Regular expressions are a powerful tool for manipulating and searching text data. They are used to match patterns in strings and can be used to perform various operations such as search, replace, and extract. In Python, regular expressions are supported through the re module.

The basic structure of a regular expression pattern is a sequence of characters that defines a search pattern. The most common characters used in regular expressions are:

  • .: Matches any character except a newline character
  • ^: Matches the start of a line
  • $: Matches the end of a line
  • *: Matches zero or more occurrences of the preceding character
  • +: Matches one or more occurrences of the preceding character
  • ?: Matches zero or one occurrences of the preceding character
  • {n}: Matches exactly n occurrences of the preceding character
  • {n,m}: Matches at least n and at most m occurrences of the preceding character
  • []: Matches any character inside the square brackets
  • |: Matches either the expression before or after the vertical bar
  • \: Escapes the special character that follows it

To use regular expressions in Python, you first need to import the re module and then use the re.search() function to search for a pattern in a string. The re.search() function returns a match object if a match is found, and None if no match is found.

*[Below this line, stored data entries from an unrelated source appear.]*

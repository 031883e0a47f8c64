// Reads each register image that its arguments name, and prints whether it is sound and where a case stands; then fills and clears a register of its own.
// The images were packed by another tool (docs/IMAGES.md).
#![tactic(auto)]

ghost use Rattle.std.specs.Prelude.{◌≤◌};

use home_care::layout::{CASE_KEY, ROW};
use markup::bytes::part;
use std::rt::Files;
use std::{env, io};
use streams::read_file;

fn answer(rt: &impl Print, name: &str, number: u64) -> io::Result<()> {
    println!(rt; "{name} {number}")
}

// The case of region 010, ASL 101, 2018-05-01, Id_Rec of 88 letters A: answer and place.
fn find(rt: &impl Print, reg: &[u8]) -> io::Result<()> {
    let id = [b'A'; 88];
    let mut place: u64 = 77;
    let found = exports::siad_find(reg, b"010", b"101", b"2018-05-01", &id, &mut place);
    println!(rt; "find {found} {place}")
}

fn image(rt: &impl Print, reg: &[u8]) -> io::Result<()> {
    let sound = exports::siad_sound(reg);
    print!(rt; ": sound {sound} ")?;
    find(rt, reg)
}

// As in markup_cases and shape_cases: a common one would take the printing in its midst as a closure, with the clause that says when that may be called.
fn one(rt: &(impl Files + Print), path: &str) -> io::Result<()> {
    print!(rt; "{path}")?;
    let mut text = [0u8; 65536];
    match read_file(rt, path, &mut text)? {
        Some(long) => image(rt, &text[..long]),
        None => println!(rt; ": missing"),
    }
}

fn sound(rt: &impl Print, reg: &[u8]) -> io::Result<()> {
    answer(rt, "sound", exports::siad_sound(reg))
}

fn counts(rt: &impl Print, reg: &[u8]) -> io::Result<()> {
    if reg.len() < 4 {
        return Ok(());
    }
    answer(rt, "cases", register::counts::count(reg, 0) as u64)?;
    answer(rt, "events", register::counts::count(reg, 2) as u64)
}

// A submission of one record for the second quarter of 2018: whether the record is accepted.
fn submit(reg: &mut [u8], track: u64, sub: &[u8]) -> bool {
    let mut answers = [0u8; 1];
    let mut report = [0u64; 4];
    let r = exports::siad_submit(sub, track, 2018, 2, reg, &mut answers, &mut report);
    r == 0 && report[2] == 1
}

// Whether nothing stands by the count at two bytes.
fn none(reg: &[u8], at: usize) -> bool
    requires { at ≤ 2 }
{
    4 <= reg.len() && register::counts::count(reg, at) == 0
}

// Any bytes, emptied: sound, and no case stands.
fn begin(rt: &impl Print, reg: &mut [u8]) -> io::Result<()> {
    answer(rt, "fresh, sound", exports::siad_sound(reg))?;
    answer(rt, "empty", exports::siad_empty(reg))?;
    sound(rt, reg)?;
    find(rt, reg)
}

// Two submissions put in the case and the event.
fn fill(rt: &impl Print, reg: &mut [u8], case: &[u8], event: &[u8]) -> io::Result<()> {
    answer(rt, "put_case", u64::from(submit(reg, 1, case)))?;
    sound(rt, reg)?;
    find(rt, reg)?;
    answer(rt, "put_event", u64::from(submit(reg, 2, event)))?;
    sound(rt, reg)?;
    counts(rt, reg)
}

fn remove(reg: &mut [u8], row: &[u8]) {
    if row.len() != ROW {
        return;
    }
    register::remove::remove_case(reg, ROW, CASE_KEY, row);
}

// The case's row takes it out, and its event with it.
fn clear(rt: &impl Print, reg: &mut [u8], case: &[u8]) -> io::Result<()> {
    remove(reg, case);
    answer(rt, "drop_event", u64::from(none(reg, 2)))?;
    answer(rt, "drop_case", u64::from(none(reg, 0)))?;
    sound(rt, reg)?;
    answer(rt, "zero", u64::from(home_care::texts::all_zero(reg)))
}

// Room for three rows.
fn story(rt: &impl Print, put_case: &[u8], put_event: &[u8], case: &[u8]) -> io::Result<()> {
    let mut reg = [255u8; 292];
    begin(rt, &mut reg)?;
    fill(rt, &mut reg, put_case, put_event)?;
    clear(rt, &mut reg, case)?;
    let mut short = [255u8; 3];
    answer(rt, "three bytes, empty", exports::siad_empty(&mut short))
}

// The bytes of a file, in a lent buffer.
fn read<'a>(rt: &(impl Files + Print), path: &str, buf: &'a mut [u8]) -> io::Result<&'a [u8]> {
    match read_file(rt, path, buf)? {
        Some(long) => Ok(&buf[..long]),
        None => {
            println!(rt; "missing")?;
            Ok(&buf[..0])
        }
    }
}

fn from_files(rt: &(impl Files + Print)) -> io::Result<()> {
    let (mut first, mut second, mut third) = ([0u8; 4096], [0u8; 4096], [0u8; 4096]);
    let put_case = read(rt, "put_case", &mut first)?;
    let put_event = read(rt, "put_event", &mut second)?;
    read(rt, "one_case", &mut third)?;
    story(rt, put_case, put_event, part(&third, 4, 100))
}

fn main(rt: HostRuntime) -> io::Result<()> {
    for path in env::args(&rt)?.skip(1) {
        one(&rt, path.as_str())?;
    }
    from_files(&rt)
}
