//! Why a call is refused. Every layer refuses by this one type: a variant for each reason, with the
//! number and the detail that the user is told.
#![tactic(auto)]

ghost use Rattle.std.specs.Prelude.{◌≡◌};
ghost use Rattle.refusals.specs.Refusals.{number_of, detail_of};

use std::error::Error;
use std::fmt;

#[derive(Clone, Copy, PartialEq, Eq, Debug)]
pub enum Refusal {
    /// Key bytes of another length than the key's. Holds the length.
    KeyLength(usize),
    /// A key byte with an even count of ones. Holds the index of the first, from 0.
    KeyParity(usize),
    /// A bundle whose three keys are the same.
    SameKeys,
    /// A code that names no mode. Holds the code.
    UnknownCode(u8),
    /// Initial values of another length than the mode's. Holds the length.
    InitialValueLength(usize),
    /// An output list shorter than what may have to be written. Holds the length wanted.
    OutputLength(usize),
    /// A unit that is too wide for the mode. Holds the index of the first, from 0.
    UnitWidth(usize),
    /// More units than the cartridge still takes. Holds how many it takes.
    UnitLimit(usize),
    /// A field of a job with fewer bytes left than it needs. Holds the offset at which it starts.
    FieldTruncated(usize),
    /// Another tag than the one that is due. Holds the offset at which the field starts.
    FieldTag(usize),
    /// Bytes behind the last field of a job. Holds the offset of the first.
    TrailingBytes(usize),
    /// A code or a direction that is not one byte. Holds the tag of the first such field.
    FieldLength(u8),
    /// A direction that is none. Holds it.
    UnknownDirection(u8),
    /// More data than a job takes. Holds its length.
    DataLength(usize),
    /// Data that is not whole units. Holds its length.
    PartialUnit(usize),
}

// Methods, since a refusal has two numbers and a conversion would not say which it gives.
impl Refusal {
    /// The number that names the reason.
    pub fn number(self) -> u8
        ensures { result ≡ number_of self }
    {
        match self {
            Refusal::KeyLength(_) => 1,
            Refusal::KeyParity(_) => 2,
            Refusal::SameKeys => 3,
            Refusal::UnknownCode(_) => 4,
            Refusal::InitialValueLength(_) => 5,
            Refusal::OutputLength(_) => 6,
            Refusal::UnitWidth(_) => 7,
            Refusal::UnitLimit(_) => 8,
            Refusal::FieldTruncated(_) => 9,
            Refusal::FieldTag(_) => 10,
            Refusal::TrailingBytes(_) => 11,
            Refusal::FieldLength(_) => 12,
            Refusal::UnknownDirection(_) => 13,
            Refusal::DataLength(_) => 14,
            Refusal::PartialUnit(_) => 15,
        }
    }

    /// The one number that goes with the reason.
    pub fn detail(self) -> u64
        ensures { result ≡ detail_of self }
    {
        match self {
            Refusal::SameKeys => 0,
            Refusal::UnknownCode(byte)
            | Refusal::FieldLength(byte)
            | Refusal::UnknownDirection(byte) => u64::from(byte),
            Refusal::KeyLength(number)
            | Refusal::KeyParity(number)
            | Refusal::InitialValueLength(number)
            | Refusal::OutputLength(number)
            | Refusal::UnitWidth(number)
            | Refusal::UnitLimit(number)
            | Refusal::FieldTruncated(number)
            | Refusal::FieldTag(number)
            | Refusal::TrailingBytes(number)
            | Refusal::DataLength(number)
            | Refusal::PartialUnit(number) => number as u64,
        }
    }
}

impl fmt::Display for Refusal {
    fn fmt<W: fmt::Write>(&self, f: &mut fmt::Formatter<W>) -> fmt::Result {
        match *self {
            Refusal::KeyLength(length) => write!(f, "a key cannot have {length} bytes"),
            Refusal::KeyParity(index) => write!(f, "key byte {index} has an even count of ones"),
            Refusal::SameKeys => write!(f, "the three keys of the bundle are the same"),
            Refusal::UnknownCode(code) => write!(f, "no mode has the code {code}"),
            Refusal::InitialValueLength(length) => {
                write!(f, "the mode's initial values cannot have {length} bytes")
            }
            Refusal::OutputLength(length) => write!(f, "the output list needs {length} places"),
            Refusal::UnitWidth(index) => write!(
                f,
                "the unit at index {index} is too wide for the mode"
            ),
            Refusal::UnitLimit(left) => write!(f, "the cartridge takes only {left} units more"),
            Refusal::FieldTruncated(offset) => {
                write!(f, "the field at offset {offset} is cut short")
            }
            Refusal::FieldTag(offset) => write!(f, "the field at offset {offset} has another tag"),
            Refusal::TrailingBytes(offset) => {
                write!(
                    f,
                    "from offset {offset} on there are bytes that belong to no field"
                )
            }
            Refusal::FieldLength(tag) => write!(f, "the field with tag {tag} must be one byte"),
            Refusal::UnknownDirection(direction) => write!(f, "no direction is {direction}"),
            Refusal::DataLength(length) => write!(f, "a job cannot have {length} bytes of data"),
            Refusal::PartialUnit(length) => write!(f, "{length} bytes of data are not whole units"),
        }
    }
}

impl Error for Refusal {}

Here is an example that uses regular expressions to search for a pattern in a string:

import re

text = "The quick brown fox jumps over the lazy dog"

pattern = "fox"

match = re.search(pattern, text)

if match:
    print("Match found at index", match.start())
else:
    print("No match found")

In this example, the pattern fox is searched for in the string text. If a match is found, the re.search() function returns a match object, which has a start() method that returns the starting index of the match in the string.

You can also use the re.findall() function to find all occurrences of a pattern in a string. This function returns a list of all matches as strings. Here is an example:

import re

text = "The quick brown fox jumps over the lazy dog"

pattern = "\w+"

matches = re.findall(pattern, text)

print(matches)

In this example, the pattern \w+ is used to match one or more word characters in the string text. The re.findall() function returns a list of all matches, which are the individual words in the string.

You can also use the re.sub() function to replace all occurrences of a pattern in a string with a new string. Here is an example:

import re

text = "The quick brown fox jumps over the lazy dog"

pattern = "fox"

new_text = re.sub(pattern, "cat", text)

print(new_text)

In this example, the pattern fox is searched for in the string text and replaced with the string cat. The re.sub() function returns a new string with all occurrences of the pattern replaced.